### What the task asks:
Among these records, which lines include "where"? Copy them out.

[Stored data entries]
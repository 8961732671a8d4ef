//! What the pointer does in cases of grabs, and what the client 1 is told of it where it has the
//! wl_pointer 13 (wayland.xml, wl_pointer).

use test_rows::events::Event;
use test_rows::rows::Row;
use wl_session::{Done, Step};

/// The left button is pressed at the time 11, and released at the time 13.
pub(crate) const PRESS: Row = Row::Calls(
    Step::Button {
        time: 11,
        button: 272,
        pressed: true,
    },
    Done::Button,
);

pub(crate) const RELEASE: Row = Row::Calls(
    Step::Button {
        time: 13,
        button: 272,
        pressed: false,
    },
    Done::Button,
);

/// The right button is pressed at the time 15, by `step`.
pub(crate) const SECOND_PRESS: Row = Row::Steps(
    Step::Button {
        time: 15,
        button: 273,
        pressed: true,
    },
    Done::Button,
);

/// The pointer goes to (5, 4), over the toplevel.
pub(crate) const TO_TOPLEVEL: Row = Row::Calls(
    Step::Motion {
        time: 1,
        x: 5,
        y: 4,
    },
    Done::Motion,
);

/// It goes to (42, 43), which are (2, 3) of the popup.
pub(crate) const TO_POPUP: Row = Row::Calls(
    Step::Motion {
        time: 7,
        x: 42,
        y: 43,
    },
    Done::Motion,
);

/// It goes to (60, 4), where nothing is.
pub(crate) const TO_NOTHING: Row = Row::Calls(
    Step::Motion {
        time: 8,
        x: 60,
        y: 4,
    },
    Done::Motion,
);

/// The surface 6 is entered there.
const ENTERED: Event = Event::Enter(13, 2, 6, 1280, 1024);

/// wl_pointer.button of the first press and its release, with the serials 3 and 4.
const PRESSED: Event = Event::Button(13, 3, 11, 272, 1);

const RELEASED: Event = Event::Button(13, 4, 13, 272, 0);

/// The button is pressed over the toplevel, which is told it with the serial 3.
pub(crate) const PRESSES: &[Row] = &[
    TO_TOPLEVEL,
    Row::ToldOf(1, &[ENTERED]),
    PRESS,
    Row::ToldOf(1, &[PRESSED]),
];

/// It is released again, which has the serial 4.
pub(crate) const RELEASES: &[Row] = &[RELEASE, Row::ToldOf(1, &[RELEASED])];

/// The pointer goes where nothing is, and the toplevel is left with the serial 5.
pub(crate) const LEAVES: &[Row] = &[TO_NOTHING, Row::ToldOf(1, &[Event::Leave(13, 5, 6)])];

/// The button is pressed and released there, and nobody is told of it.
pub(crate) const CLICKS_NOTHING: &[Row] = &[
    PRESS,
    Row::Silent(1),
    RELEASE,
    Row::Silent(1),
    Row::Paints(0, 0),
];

...

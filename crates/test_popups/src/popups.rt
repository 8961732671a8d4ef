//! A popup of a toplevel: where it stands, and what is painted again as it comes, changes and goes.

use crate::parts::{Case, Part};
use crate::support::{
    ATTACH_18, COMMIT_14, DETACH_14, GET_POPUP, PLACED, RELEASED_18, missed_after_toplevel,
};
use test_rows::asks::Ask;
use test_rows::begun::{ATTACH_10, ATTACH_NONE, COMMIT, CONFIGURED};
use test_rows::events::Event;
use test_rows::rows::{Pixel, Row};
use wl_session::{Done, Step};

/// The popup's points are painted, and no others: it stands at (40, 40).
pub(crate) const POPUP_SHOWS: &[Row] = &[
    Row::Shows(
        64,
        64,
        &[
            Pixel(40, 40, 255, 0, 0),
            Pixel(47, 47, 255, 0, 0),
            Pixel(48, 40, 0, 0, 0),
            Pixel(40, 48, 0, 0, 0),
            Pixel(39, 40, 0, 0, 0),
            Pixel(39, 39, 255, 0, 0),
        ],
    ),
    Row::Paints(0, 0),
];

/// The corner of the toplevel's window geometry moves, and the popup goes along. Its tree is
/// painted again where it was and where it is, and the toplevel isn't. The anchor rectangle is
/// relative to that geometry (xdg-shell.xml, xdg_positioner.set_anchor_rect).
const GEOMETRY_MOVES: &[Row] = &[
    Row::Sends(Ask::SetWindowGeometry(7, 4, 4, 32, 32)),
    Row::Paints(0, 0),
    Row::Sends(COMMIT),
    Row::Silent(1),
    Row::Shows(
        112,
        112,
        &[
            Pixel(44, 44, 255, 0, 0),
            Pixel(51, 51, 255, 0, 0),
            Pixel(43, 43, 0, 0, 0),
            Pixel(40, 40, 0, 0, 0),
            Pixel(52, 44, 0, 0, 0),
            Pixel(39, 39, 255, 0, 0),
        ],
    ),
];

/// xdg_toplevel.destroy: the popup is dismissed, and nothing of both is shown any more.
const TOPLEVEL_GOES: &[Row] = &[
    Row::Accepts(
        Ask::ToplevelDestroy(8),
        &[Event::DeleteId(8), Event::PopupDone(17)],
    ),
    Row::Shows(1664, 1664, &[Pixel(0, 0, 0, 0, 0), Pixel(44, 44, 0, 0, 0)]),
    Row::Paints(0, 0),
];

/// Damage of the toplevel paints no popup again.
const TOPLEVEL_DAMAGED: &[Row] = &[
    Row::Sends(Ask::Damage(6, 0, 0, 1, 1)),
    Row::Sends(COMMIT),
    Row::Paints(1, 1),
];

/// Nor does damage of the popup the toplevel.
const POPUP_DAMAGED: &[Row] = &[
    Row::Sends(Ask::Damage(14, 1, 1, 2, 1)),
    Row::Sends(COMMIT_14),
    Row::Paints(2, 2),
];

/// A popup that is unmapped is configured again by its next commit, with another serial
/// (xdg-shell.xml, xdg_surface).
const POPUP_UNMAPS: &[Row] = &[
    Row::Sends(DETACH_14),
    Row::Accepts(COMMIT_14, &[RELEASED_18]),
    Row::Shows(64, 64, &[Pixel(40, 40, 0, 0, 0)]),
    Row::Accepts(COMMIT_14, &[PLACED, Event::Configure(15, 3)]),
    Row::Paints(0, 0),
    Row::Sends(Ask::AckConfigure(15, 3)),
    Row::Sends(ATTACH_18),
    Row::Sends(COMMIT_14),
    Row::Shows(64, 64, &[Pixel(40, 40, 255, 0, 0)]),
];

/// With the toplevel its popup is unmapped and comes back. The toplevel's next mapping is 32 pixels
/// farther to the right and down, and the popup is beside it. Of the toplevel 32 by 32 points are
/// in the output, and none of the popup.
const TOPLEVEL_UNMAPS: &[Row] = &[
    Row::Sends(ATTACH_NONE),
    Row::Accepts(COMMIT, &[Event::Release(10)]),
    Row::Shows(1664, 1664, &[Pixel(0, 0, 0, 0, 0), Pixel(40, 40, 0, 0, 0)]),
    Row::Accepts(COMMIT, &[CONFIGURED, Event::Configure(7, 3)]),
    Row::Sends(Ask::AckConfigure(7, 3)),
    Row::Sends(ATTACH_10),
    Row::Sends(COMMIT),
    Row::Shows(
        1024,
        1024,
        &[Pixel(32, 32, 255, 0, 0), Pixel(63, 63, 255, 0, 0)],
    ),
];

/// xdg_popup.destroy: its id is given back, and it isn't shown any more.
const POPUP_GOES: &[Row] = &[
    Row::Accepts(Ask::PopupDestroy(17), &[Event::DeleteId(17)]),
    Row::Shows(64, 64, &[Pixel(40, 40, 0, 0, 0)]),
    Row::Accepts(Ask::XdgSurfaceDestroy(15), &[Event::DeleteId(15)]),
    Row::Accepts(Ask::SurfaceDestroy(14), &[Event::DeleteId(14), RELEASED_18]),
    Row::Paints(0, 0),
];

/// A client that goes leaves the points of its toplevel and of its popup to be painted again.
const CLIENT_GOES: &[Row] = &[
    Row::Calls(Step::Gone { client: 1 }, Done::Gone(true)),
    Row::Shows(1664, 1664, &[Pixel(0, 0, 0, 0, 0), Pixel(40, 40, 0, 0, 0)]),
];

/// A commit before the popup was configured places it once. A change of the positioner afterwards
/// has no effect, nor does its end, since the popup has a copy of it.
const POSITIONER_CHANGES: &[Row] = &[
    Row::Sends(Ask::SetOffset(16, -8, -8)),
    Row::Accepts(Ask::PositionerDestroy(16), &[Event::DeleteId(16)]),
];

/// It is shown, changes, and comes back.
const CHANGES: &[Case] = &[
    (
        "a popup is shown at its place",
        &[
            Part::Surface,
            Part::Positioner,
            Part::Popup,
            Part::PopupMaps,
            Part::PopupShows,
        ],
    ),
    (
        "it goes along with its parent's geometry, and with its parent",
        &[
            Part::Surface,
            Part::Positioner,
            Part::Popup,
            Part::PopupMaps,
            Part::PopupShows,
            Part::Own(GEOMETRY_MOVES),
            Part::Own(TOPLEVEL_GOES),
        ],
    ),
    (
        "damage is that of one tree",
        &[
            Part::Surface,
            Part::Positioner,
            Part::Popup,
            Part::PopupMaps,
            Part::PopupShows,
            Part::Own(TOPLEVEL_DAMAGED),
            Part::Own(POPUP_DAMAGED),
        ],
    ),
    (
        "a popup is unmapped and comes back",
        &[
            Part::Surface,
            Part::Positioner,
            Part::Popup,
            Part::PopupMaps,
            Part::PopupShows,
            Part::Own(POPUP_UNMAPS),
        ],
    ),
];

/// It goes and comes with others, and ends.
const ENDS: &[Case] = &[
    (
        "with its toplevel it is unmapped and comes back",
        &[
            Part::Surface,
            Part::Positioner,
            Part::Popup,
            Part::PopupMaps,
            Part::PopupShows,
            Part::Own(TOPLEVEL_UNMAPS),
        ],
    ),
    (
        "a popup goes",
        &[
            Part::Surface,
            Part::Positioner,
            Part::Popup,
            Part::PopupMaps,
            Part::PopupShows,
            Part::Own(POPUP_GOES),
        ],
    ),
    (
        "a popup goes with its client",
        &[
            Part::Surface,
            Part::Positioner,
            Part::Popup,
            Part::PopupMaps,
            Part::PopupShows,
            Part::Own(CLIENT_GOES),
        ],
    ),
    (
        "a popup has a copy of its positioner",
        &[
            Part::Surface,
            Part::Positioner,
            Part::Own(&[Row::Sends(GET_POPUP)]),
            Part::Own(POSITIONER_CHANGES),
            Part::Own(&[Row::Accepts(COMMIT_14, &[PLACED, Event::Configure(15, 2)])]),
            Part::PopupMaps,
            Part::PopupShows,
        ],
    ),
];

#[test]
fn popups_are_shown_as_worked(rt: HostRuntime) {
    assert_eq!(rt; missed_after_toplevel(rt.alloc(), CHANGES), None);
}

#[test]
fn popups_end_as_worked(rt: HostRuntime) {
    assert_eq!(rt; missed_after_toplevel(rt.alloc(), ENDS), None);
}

### Result for this exercise:
//! What the pointer does in cases of grabs, and what the client 1 is told of it where it has the
/// It goes to (60, 4), where nothing is.
/// The pointer goes where nothing is, and the toplevel is left with the serial 5.
//! A popup of a toplevel: where it stands, and what is painted again as it comes, changes and goes.
/// painted again where it was and where it is, and the toplevel isn't. The anchor rectangle is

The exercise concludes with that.